En medio de la crisis institucional Newells despide el año ante Racing en el Coloso
Newells llega a la fecha 16 del Torneo Clausura envuelto en un mar de conflictos, una medida de fuerza de sus empleados por deudas salariales amenazaba con suspender el partido ante Racing, mientras el equipo tiene una misión poco decorosa, cerrar una temporada para el olvido.
Newells afronta su última parada del Clausura en un momento delicado: no corre riesgo de descenso, pero sí vive una crisis institucional grave. Los empleados del club, nucleados en UTEDYC, lanzaron un paro de 72 horas por falta de pago, lo que puso en jaque la realización del partido contra Racing. Finalmente hubo acuerdo entre el club y el gremio, y el cruce se mantiene, pero el conflicto dejó una marca profunda.

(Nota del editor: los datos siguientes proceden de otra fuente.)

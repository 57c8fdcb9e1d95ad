//! What the layer above uses of entailments. The function states a law; its calls bring those of the layers below.

ghost use Rattle.hs_entail_lines.specs.Laws.{EntailmentsAreGoals};

use hs_goal::{fitting_formulas_are_sides, start_is_well_formed};

/// The goal of an entailment in normal form whose right side has a disjunct is well formed.
pub fn entailments_are_goals()
    ensures { EntailmentsAreGoals }
{
    fitting_formulas_are_sides();
    start_is_well_formed();
}
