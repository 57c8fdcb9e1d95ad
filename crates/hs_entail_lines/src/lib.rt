//! The lines of entailments in a report.
//!
//! [`entailment_lines`] gives a line for each entailment, in order, and what each says is true: `valid` has the
//! residues of the proofs that the search has, and the entailment holds with each of them; `unknown` has the cause for
//! which the search has no proof. Where the invariant of a predicate is not shown, that is the cause of all.
#![tactic(auto)]

mod laws;
mod lines;

pub use laws::entailments_are_goals;
pub use lines::entailment_lines;
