//! A table of formulas with bags: each line of the file `rows`, with its answer.
//!
//! A line has a call and a formula by numbers, where `v1` is a number and `V1` a bag:
//!
//! - `reduce F` reduces F, seeks a solution of the copy of its reduction, by rows of equations or else by elimination,
//!   and gives it bags: `true` where evaluation makes F true there, else `wrong`; `none` where there is no solution,
//!   and `atoms` where elimination stops
//! - `counts F` shows the counts of the reduction, each as its bag and its variable, and the first number after all
//! - `plain N F` makes the plain reduction where N comparisons are allowed: it `fits`, or there are too many `atoms`
//! - `under B F` does as `counts` for F inside of B, which is `exists`, `forall` or `all`: it binds v5, of an `all` over
//!   V4; `under` stands where a bag literal is inside
//!
//! `wide` stands where a number passes 128 bits. A line that begins with `//` is a heading.
#![tactic(auto)]

mod answers;
mod rows;
mod solving;

use hs_io::{Files, RealFiles};
use std::io;
use std::io::Write;
use std::process::ExitCode;

fn main(rt: HostRuntime) -> ExitCode {
    let alloc = rt.alloc();
    let Ok(bytes) = RealFiles::new(&rt).fetch(alloc, "rows", 1 << 20) else {
        return ExitCode::from(4);
    };
    let Ok(text) = rows::table(alloc, &bytes) else {
        return ExitCode::from(6);
    };
    match io::writer(&rt).write_all(text.as_bytes()) {
        Ok(()) => ExitCode::from(0),
        Err(_) => ExitCode::from(5),
    }
}
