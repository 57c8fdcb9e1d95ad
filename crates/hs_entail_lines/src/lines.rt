//! A line for each entailment.

ghost use Rattle.std.specs.Prelude.{◌≡◌, ◌<◌, ◌-◌, ◌^◌, [], None, length, map, IfOk};
ghost use Rattle.std.specs.List.{All};
ghost use Rattle.hs_heap.specs.Sound.{IsSound};
ghost use Rattle.hs_xpure.specs.Invariants.{InvariantsHold};
ghost use Rattle.hs_goal.specs.Shape.{GoalFits};
ghost use Rattle.hs_search.specs.Answer.{LimitsFit};
ghost use Rattle.hs_entail_lines.specs.Lines as spec;
ghost use Rattle.hs_claims.specs.Claims.{goal_of};
ghost use Rattle.hs_entail_lines.specs.Lines.{IsVerdict, IsEntailmentLine, AreEntailmentLines};

use hs_causes::why;
use hs_claims::goal_of;
use hs_erule::Proof;
use hs_goal::Limits;
use hs_heap::Defs;
use hs_norm::Entailment;
use hs_print::{Line, Why, formula};
use hs_pure::NoMemory;
use hs_search::{SleekAnswer, prove};
use hs_steps::{proofs_hold, residue_shown};
use hs_text::Text;
use sqlite_items::Items;
use std::alloc::Global;

fn printed_residue(
    alloc: Global,
    defs: &Defs,
    e: &Entailment,
    proof: &Proof,
) -> Result<Text, NoMemory>
    ensures { IfOk result (λ text. text ≡ spec.printed_residue defs.now e.now proof.now) }
{
    let residue = residue_shown(alloc, proof)?;
    Ok(Text::new(formula(alloc, &residue, &e.names, defs)?))
}

// The printed residues of proofs.
fn printed_residues(
    alloc: Global,
    defs: &Defs,
    e: &Entailment,
    proofs: &[Proof],
) -> Result<Items<Text>, NoMemory>
    ensures { IfOk result (λ texts. texts ≡ map (spec.printed_residue defs.now e.now) proofs.now) }
{
    let mut texts = Items::new(alloc);
    for proof in proofs {
        texts.push(printed_residue(alloc, defs, e, proof)?)?;
    }
    Ok(texts)
}

// The verdict on an entailment, by its number.
fn verdict(
    alloc: Global,
    defs: &Defs,
    number: u32,
    e: &Entailment,
    limits: &Limits,
) -> Result<Line, NoMemory>
    requires sound { IsSound defs.now }
    requires no_lemmas { defs.now.lemmas ≡ [] }
    requires invariants { InvariantsHold defs.now }
    requires fits { GoalFits defs.now (goal_of e.now) }
    requires limits { LimitsFit limits.now }
    ensures { IfOk result (IsVerdict defs.now limits.now number e.now) }
{
    proofs_hold();
    let goal = goal_of(alloc, e)?;
    match prove(alloc, defs, &goal, limits)? {
        SleekAnswer::Valid(proofs) => {
            let texts = printed_residues(alloc, defs, e, proofs.as_slice())?;
            Ok(Line::Valid(number, texts))
        }
        SleekAnswer::Unknown(cause) => {
            Ok(Line::Unknown(number, why(alloc, defs, &e.names, e.next, limits, &cause)?))
        }
    }
}

// The line of an entailment, by its number.
fn entailment_line(
    alloc: Global,
    defs: &Defs,
    unshown: &Option<Text>,
    number: u32,
    e: &Entailment,
    limits: &Limits,
) -> Result<Line, NoMemory>
    requires sound { IsSound defs.now }
    requires no_lemmas { defs.now.lemmas ≡ [] }
    requires invariants { unshown.now ≡ None → InvariantsHold defs.now }
    requires fits { GoalFits defs.now (goal_of e.now) }
    requires limits { LimitsFit limits.now }
    ensures { IfOk result (IsEntailmentLine defs.now limits.now unshown.now number e.now) }
{
    match unshown {
        Some(pred) => Ok(Line::Unknown(number, Why::Invariant(pred.copy(alloc)?))),
        None => verdict(alloc, defs, number, e, limits),
    }
}

/// A line for each entailment, in order, by numbers from 1. The definitions are sound and without lemmas, and where
/// there is no predicate whose invariant is `unshown`, all invariants hold. The goals of the entailments are well formed,
/// there are fewer than 2^32 - 1 of them, and the limits are in their ranges. `NoMemory` comes where there is none.
pub fn entailment_lines(
    alloc: Global,
    defs: &Defs,
    entailments: &[Entailment],
    unshown: &Option<Text>,
    limits: &Limits,
) -> Result<Vec<Line>, NoMemory>
    requires sound { IsSound defs.now }
    requires no_lemmas { defs.now.lemmas ≡ [] }
    requires invariants { unshown.now ≡ None → InvariantsHold defs.now }
    requires fits { All (λ e. GoalFits defs.now (goal_of e)) entailments.now }
    requires few { length entailments.now < 2 ^ 32 - 1 }
    requires limits { LimitsFit limits.now }
    // What each line says is true.
    ensures lines { IfOk result (λ lines. AreEntailmentLines defs.now limits.now unshown.now entailments.now lines.items) }
    ensures each { IfOk result (λ lines. length lines.items ≡ length entailments.now) }
{
    let mut lines = Vec::new(alloc);
    let mut number = 1u32;
    for e in entailments {
        lines.push(entailment_line(alloc, defs, unshown, number, e, limits)?)?;
        number += 1;
    }
    Ok(lines)
}
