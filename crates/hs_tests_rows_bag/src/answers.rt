//! Answers and their texts.

ghost use Rattle.std.specs.Prelude.{◌≡◌, ◌≤◌, ◌<◌, ◌^◌, false, IfOk};
ghost use Rattle.hs_pure.specs.Eval.{stack_of, has_quantifiers};
ghost use Rattle.hs_pure.specs.Occurs.{top_of};
ghost use Rattle.hs_pure.specs.Sums.{IsOrdered};
ghost use Rattle.hs_pure.specs.Truth.{TrueAt};
ghost use Rattle.hs_bag.specs.Promise.{IsReduction};

use crate::solving::{fresh, reduction, solved};
use hs_bag::{BagError, Count, RebuildError, Reduced, Stop, plain, rebuild};
use hs_cooper::Stop as Halt;
use hs_pure::{Bag, Pure, Valuation, Var, Wide};
use hs_tests_formulas::{NoRow, is_decidable, is_flat};
use sqlite_items::Boxed;
use std::alloc::Global;

fn push_truth(out: &mut String, truth: Result<bool, Wide>) -> Result<(), NoRow> {
    match truth {
        Ok(true) => write!(out, "true")?,
        Ok(false) => write!(out, "wrong")?,
        Err(Wide) => write!(out, "wide")?,
    }
    Ok(())
}

// The truth of the formula with the bags that the values say.
fn push_rebuilt(
    alloc: Global,
    out: &mut String,
    f: &Pure,
    fresh: u32,
    r: &Reduced,
    v: &Valuation,
) -> Result<(), NoRow>
    requires flat { has_quantifiers f.now ≡ false }
    requires reduction { IsReduction f.now fresh r.now }
    requires solution { TrueAt (stack_of v.now) r.now.pure }
{
    match rebuild(alloc, f, fresh, r, v) {
        Ok(w) => push_truth(out, f.eval(&w)),
        Err(RebuildError::Wide) => push_truth(out, Err(Wide)),
        Err(RebuildError::Memory) => Err(NoRow),
    }
}

fn push_halt(out: &mut String, halt: Halt) -> Result<(), NoRow> {
    match halt {
        Halt::Atoms => write!(out, "atoms")?,
        Halt::Wide => write!(out, "wide")?,
        Halt::Memory => return Err(NoRow),
    }
    Ok(())
}

fn push_none(out: &mut String) -> Result<(), NoRow> {
    write!(out, "none")?;
    Ok(())
}

fn push_solved(
    alloc: Global,
    out: &mut String,
    f: &Pure,
    fresh: u32,
    r: &Reduced,
) -> Result<(), NoRow>
    requires flat { has_quantifiers f.now ≡ false }
    requires reduction { IsReduction f.now fresh r.now }
{
    match solved(alloc, &r.pure) {
        Ok(Some(v)) => push_rebuilt(alloc, out, f, fresh, r, &v),
        Ok(None) => push_none(out),
        Err(halt) => push_halt(out, halt),
    }
}

fn push_refused(out: &mut String, error: BagError) -> Result<(), NoRow> {
    match error {
        BagError::UnderQuantifier => write!(out, "under")?,
        BagError::Numbers => write!(out, "numbers")?,
        BagError::Memory => return Err(NoRow),
    }
    Ok(())
}

pub fn push_reduced(alloc: Global, out: &mut String, f: &Pure) -> Result<(), NoRow> {
    if !is_decidable(f) || !is_flat(f) {
        return Err(NoRow);
    }
    let fresh = fresh(f)?;
    match reduction(alloc, f, fresh) {
        Ok(r) => push_solved(alloc, out, f, fresh, r.get()),
        Err(error) => push_refused(out, error),
    }
}

fn push_count(out: &mut String, count: &Count) -> Result<(), NoRow> {
    let of = count.of.number;
    let number = count.count.number;
    write!(out, "V{of} v{number}, ")?;
    Ok(())
}

fn push_listed(out: &mut String, r: &Reduced) -> Result<(), NoRow> {
    for count in r.counts.as_slice() {
        push_count(out, count)?;
    }
    let next = r.next;
    write!(out, "then v{next}")?;
    Ok(())
}

pub fn push_counts(alloc: Global, out: &mut String, f: &Pure) -> Result<(), NoRow> {
    if !is_decidable(f) {
        return Err(NoRow);
    }
    match reduction(alloc, f, fresh(f)?) {
        Ok(r) => push_listed(out, r.get()),
        Err(error) => push_refused(out, error),
    }
}

fn push_stop(out: &mut String, stop: Stop) -> Result<(), NoRow> {
    match stop {
        Stop::Atoms => write!(out, "atoms")?,
        Stop::Wide => write!(out, "wide")?,
        Stop::Memory => return Err(NoRow),
    }
    Ok(())
}

// Whether there is a plain reduction.
fn made(alloc: Global, f: &Pure, fresh: u32, atoms: u64) -> Result<Boxed<Reduced>, Stop>
    requires low { fresh ≤ 2 ^ 31 }
    requires small { atoms ≤ 2 ^ 30 }
{
    match Boxed::new(alloc, plain(alloc, f, fresh, atoms)?) {
        Ok(r) => Ok(r),
        Err(_) => Err(Stop::Memory),
    }
}

pub fn push_plain(alloc: Global, out: &mut String, f: &Pure, atoms: u64) -> Result<(), NoRow>
    requires { atoms ≤ 2 ^ 30 }
{
    match made(alloc, f, fresh(f)?, atoms) {
        Ok(_) => write!(out, "fits")?,
        Err(stop) => push_stop(out, stop)?,
    }
    Ok(())
}

const U: Var = Var {
    number: 5,
    bag: false,
};

const S: Var = Var {
    number: 4,
    bag: true,
};

// What binds v5 over the formula.
#[tactic(auto, using(crate::proofs::Bound::ordered_exists, crate::proofs::Bound::ordered_forall, crate::proofs::Bound::ordered_all))]
fn bound(alloc: Global, word: &str, body: Boxed<Pure>) -> Result<Boxed<Pure>, NoRow>
    requires { IsOrdered body }
    ensures { IfOk result IsOrdered }
{
    match word {
        "exists" => Ok(Boxed::new(alloc, Pure::Exists(U, body))?),
        "forall" => Ok(Boxed::new(alloc, Pure::Forall(U, body))?),
        "all" => Ok(Boxed::new(alloc, Pure::AllOf(U, Bag::Name(S), body))?),
        _ => Err(NoRow),
    }
}

pub fn push_under(alloc: Global, out: &mut String, word: &str, f: &Pure) -> Result<(), NoRow> {
    if !is_decidable(f) {
        return Err(NoRow);
    }
    let body = Boxed::new(alloc, f.copy(alloc)?)?;
    let whole = bound(alloc, word, body)?;
    match reduction(alloc, whole.get(), fresh(whole.get())?) {
        Ok(r) => push_listed(out, r.get()),
        Err(error) => push_refused(out, error),
    }
}
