//! Cuts a text into tokens: names, reserved words, numbers and marks, each with the byte of its beginning.
#![tactic(auto)]

mod cut;
mod fault;
mod laws;
mod marks;
mod name;
mod scan;
mod text;
mod token;
mod words;

pub use fault::LexFault;
pub use laws::longest;
pub use name::name_in;
pub use text::tokens;
pub use token::{Mark, Placed, Token, Word};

En lo deportivo, la Lepra llega con ansiedad contenida, tras derrotar 2-0 a Huracán, se aseguró la permanencia, pero no tiene margen para soñar con los playoffs. Lucas Bernardi podría aprovechar este contexto para apostar por un plantel más joven, la idea es poner mayoría de juveniles ante Racing, tanto por la falta de objetivos como por la necesidad de darles rodaje de cara al futuro.
Además, este partido simboliza el fin de un ciclo decepcionante para Newells, un torneo que desde el comienzo estuvo marcado por la inestabilidad, la falta de rumbo y un rendimiento que nunca terminó de levantar. Esta etapa tuvo muchas penas, nada de gloria y la dirigencia, los empleados y los hinchas parecen mirar con alivio a lo que viene.
Para colmo, el panorama se agrava con la falta de recambio confiable. Aunque algunos pibes dieron señales positivas durante el semestre, el equipo no encontró una identidad clara y dejó escapar varias oportunidades para levantar la cabeza. Si bien las negociaciones para resolver la deuda salarial lograron destrabarse, el costo reputacional ya está hecho y la despedida ante Racing asoma como un símbolo de la implosión, no solo es un cierre de temporada, sino de una etapa de frustraciones acumuladas.